[Stored items]
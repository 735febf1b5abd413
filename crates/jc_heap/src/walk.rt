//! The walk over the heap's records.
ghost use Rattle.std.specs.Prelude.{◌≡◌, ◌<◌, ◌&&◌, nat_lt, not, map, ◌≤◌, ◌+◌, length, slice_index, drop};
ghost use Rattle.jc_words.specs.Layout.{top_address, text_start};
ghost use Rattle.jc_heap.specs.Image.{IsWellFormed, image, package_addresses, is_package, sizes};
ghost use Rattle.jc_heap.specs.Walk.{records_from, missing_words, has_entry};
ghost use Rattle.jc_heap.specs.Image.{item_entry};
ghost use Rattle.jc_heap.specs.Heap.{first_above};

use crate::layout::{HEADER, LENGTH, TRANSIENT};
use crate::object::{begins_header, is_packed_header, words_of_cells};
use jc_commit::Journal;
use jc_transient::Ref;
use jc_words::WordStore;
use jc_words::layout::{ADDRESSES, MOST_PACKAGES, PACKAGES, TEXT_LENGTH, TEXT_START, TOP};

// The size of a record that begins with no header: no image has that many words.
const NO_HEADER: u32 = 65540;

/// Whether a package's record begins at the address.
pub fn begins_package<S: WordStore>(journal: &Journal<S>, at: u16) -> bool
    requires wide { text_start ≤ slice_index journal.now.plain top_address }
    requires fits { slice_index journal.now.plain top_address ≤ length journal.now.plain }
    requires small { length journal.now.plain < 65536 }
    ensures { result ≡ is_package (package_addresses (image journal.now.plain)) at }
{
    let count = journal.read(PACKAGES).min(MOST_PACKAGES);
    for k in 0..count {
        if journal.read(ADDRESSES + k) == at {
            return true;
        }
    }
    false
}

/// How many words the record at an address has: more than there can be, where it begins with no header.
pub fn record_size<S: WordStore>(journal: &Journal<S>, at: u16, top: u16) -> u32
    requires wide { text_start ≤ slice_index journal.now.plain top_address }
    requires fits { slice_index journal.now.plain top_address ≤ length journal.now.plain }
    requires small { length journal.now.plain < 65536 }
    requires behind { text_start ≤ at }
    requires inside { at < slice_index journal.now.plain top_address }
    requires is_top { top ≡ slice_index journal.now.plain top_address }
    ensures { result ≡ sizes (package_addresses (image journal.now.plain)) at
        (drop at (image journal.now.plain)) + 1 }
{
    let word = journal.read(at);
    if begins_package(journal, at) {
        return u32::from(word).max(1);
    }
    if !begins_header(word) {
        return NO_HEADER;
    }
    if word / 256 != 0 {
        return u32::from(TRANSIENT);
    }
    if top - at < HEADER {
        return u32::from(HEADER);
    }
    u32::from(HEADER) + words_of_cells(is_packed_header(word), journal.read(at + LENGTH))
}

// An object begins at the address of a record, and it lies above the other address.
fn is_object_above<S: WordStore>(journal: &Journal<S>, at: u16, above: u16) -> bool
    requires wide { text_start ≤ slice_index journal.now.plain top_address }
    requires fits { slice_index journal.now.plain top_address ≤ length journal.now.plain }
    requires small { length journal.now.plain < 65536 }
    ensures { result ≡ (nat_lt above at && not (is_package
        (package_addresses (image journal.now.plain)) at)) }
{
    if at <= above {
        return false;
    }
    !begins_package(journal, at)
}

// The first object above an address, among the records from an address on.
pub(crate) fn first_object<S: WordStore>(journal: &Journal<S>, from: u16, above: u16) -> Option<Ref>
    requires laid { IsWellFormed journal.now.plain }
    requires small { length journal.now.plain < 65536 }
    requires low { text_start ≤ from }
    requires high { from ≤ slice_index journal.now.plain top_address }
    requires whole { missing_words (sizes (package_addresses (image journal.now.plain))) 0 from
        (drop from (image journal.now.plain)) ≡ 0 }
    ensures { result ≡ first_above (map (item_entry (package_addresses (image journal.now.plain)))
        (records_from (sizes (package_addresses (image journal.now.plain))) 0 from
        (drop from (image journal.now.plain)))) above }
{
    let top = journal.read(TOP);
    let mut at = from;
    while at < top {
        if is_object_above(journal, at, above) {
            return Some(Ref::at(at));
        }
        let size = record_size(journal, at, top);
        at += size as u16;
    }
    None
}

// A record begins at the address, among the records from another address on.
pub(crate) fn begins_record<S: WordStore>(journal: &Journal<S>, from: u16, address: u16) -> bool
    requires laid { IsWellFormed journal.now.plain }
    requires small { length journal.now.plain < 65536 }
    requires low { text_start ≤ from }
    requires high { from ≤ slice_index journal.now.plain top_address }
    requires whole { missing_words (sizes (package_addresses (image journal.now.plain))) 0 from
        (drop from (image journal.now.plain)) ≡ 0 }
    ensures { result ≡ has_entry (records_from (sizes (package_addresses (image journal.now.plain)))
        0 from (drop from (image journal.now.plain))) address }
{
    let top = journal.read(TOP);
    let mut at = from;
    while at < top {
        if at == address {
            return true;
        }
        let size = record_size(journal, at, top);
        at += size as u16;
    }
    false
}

Requirement: When you output the entries, keep every word exactly as it stands.

Answer area:
repository 735febf1b5abd413
filename crates/jc_heap/src/walk.rt
//! The walk over the heap's records.
ghost use Rattle.std.specs.Prelude.{◌≡◌, ◌<◌, ◌&&◌, nat_lt, not, map, ◌≤◌, ◌+◌, length, slice_index, drop};
ghost use Rattle.jc_words.specs.Layout.{top_address, text_start};
ghost use Rattle.jc_heap.specs.Image.{IsWellFormed, image, package_addresses, is_package, sizes};
ghost use Rattle.jc_heap.specs.Walk.{records_from, missing_words, has_entry};
ghost use Rattle.jc_heap.specs.Image.{item_entry};
ghost use Rattle.jc_heap.specs.Heap.{first_above};

use crate::layout::{HEADER, LENGTH, TRANSIENT};
use crate::object::{begins_header, is_packed_header, words_of_cells};
use jc_commit::Journal;
use jc_transient::Ref;
use jc_words::WordStore;
use jc_words::layout::{ADDRESSES, MOST_PACKAGES, PACKAGES, TEXT_LENGTH, TEXT_START, TOP};

// The size of a record that begins with no header: no image has that many words.
const NO_HEADER: u32 = 65540;

/// Whether a package's record begins at the address.
pub fn begins_package<S: WordStore>(journal: &Journal<S>, at: u16) -> bool
    requires wide { text_start ≤ slice_index journal.now.plain top_address }
    requires fits { slice_index journal.now.plain top_address ≤ length journal.now.plain }
    requires small { length journal.now.plain < 65536 }
    ensures { result ≡ is_package (package_addresses (image journal.now.plain)) at }
{
    let count = journal.read(PACKAGES).min(MOST_PACKAGES);
    for k in 0..count {
        if journal.read(ADDRESSES + k) == at {
            return true;
        }
    }
    false
}

/// How many words the record at an address has: more than there can be, where it begins with no header.
pub fn record_size<S: WordStore>(journal: &Journal<S>, at: u16, top: u16) -> u32
    requires wide { text_start ≤ slice_index journal.now.plain top_address }
    requires fits { slice_index journal.now.plain top_address ≤ length journal.now.plain }
    requires small { length journal.now.plain < 65536 }
    requires behind { text_start ≤ at }
    requires inside { at < slice_index journal.now.plain top_address }
    requires is_top { top ≡ slice_index journal.now.plain top_address }
    ensures { result ≡ sizes (package_addresses (image journal.now.plain)) at
        (drop at (image journal.now.plain)) + 1 }
{
    let word = journal.read(at);
    if begins_package(journal, at) {
        return u32::from(word).max(1);
    }
    if !begins_header(word) {
        return NO_HEADER;
    }
    if word / 256 != 0 {
        return u32::from(TRANSIENT);
    }
    if top - at < HEADER {
        return u32::from(HEADER);
    }
    u32::from(HEADER) + words_of_cells(is_packed_header(word), journal.read(at + LENGTH))
}

// An object begins at the address of a record, and it lies above the other address.
fn is_object_above<S: WordStore>(journal: &Journal<S>, at: u16, above: u16) -> bool
    requires wide { text_start ≤ slice_index journal.now.plain top_address }
    requires fits { slice_index journal.now.plain top_address ≤ length journal.now.plain }
    requires small { length journal.now.plain < 65536 }
    ensures { result ≡ (nat_lt above at && not (is_package
        (package_addresses (image journal.now.plain)) at)) }
{
    if at <= above {
        return false;
    }
    !begins_package(journal, at)
}

// The first object above an address, among the records from an address on.
pub(crate) fn first_object<S: WordStore>(journal: &Journal<S>, from: u16, above: u16) -> Option<Ref>
    requires laid { IsWellFormed journal.now.plain }
    requires small { length journal.now.plain < 65536 }
    requires low { text_start ≤ from }
    requires high { from ≤ slice_index journal.now.plain top_address }
    requires whole { missing_words (sizes (package_addresses (image journal.now.plain))) 0 from
        (drop from (image journal.now.plain)) ≡ 0 }
    ensures { result ≡ first_above (map (item_entry (package_addresses (image journal.now.plain)))
        (records_from (sizes (package_addresses (image journal.now.plain))) 0 from
        (drop from (image journal.now.plain)))) above }
{
    let top = journal.read(TOP);
    let mut at = from;
    while at < top {
        if is_object_above(journal, at, above) {
            return Some(Ref::at(at));
        }
        let size = record_size(journal, at, top);
        at += size as u16;
    }
    None
}

// A record begins at the address, among the records from another address on.
pub(crate) fn begins_record<S: WordStore>(journal: &Journal<S>, from: u16, address: u16) -> bool
    requires laid { IsWellFormed journal.now.plain }
    requires small { length journal.now.plain < 65536 }
    requires low { text_start ≤ from }
    requires high { from ≤ slice_index journal.now.plain top_address }
    requires whole { missing_words (sizes (package_addresses (image journal.now.plain))) 0 from
        (drop from (image journal.now.plain)) ≡ 0 }
    ensures { result ≡ has_entry (records_from (sizes (package_addresses (image journal.now.plain)))
        0 from (drop from (image journal.now.plain))) address }
{
    let top = journal.read(TOP);
    let mut at = from;
    while at < top {
        if at == address {
            return true;
        }
        let size = record_size(journal, at, top);
        at += size as u16;
    }
    false
}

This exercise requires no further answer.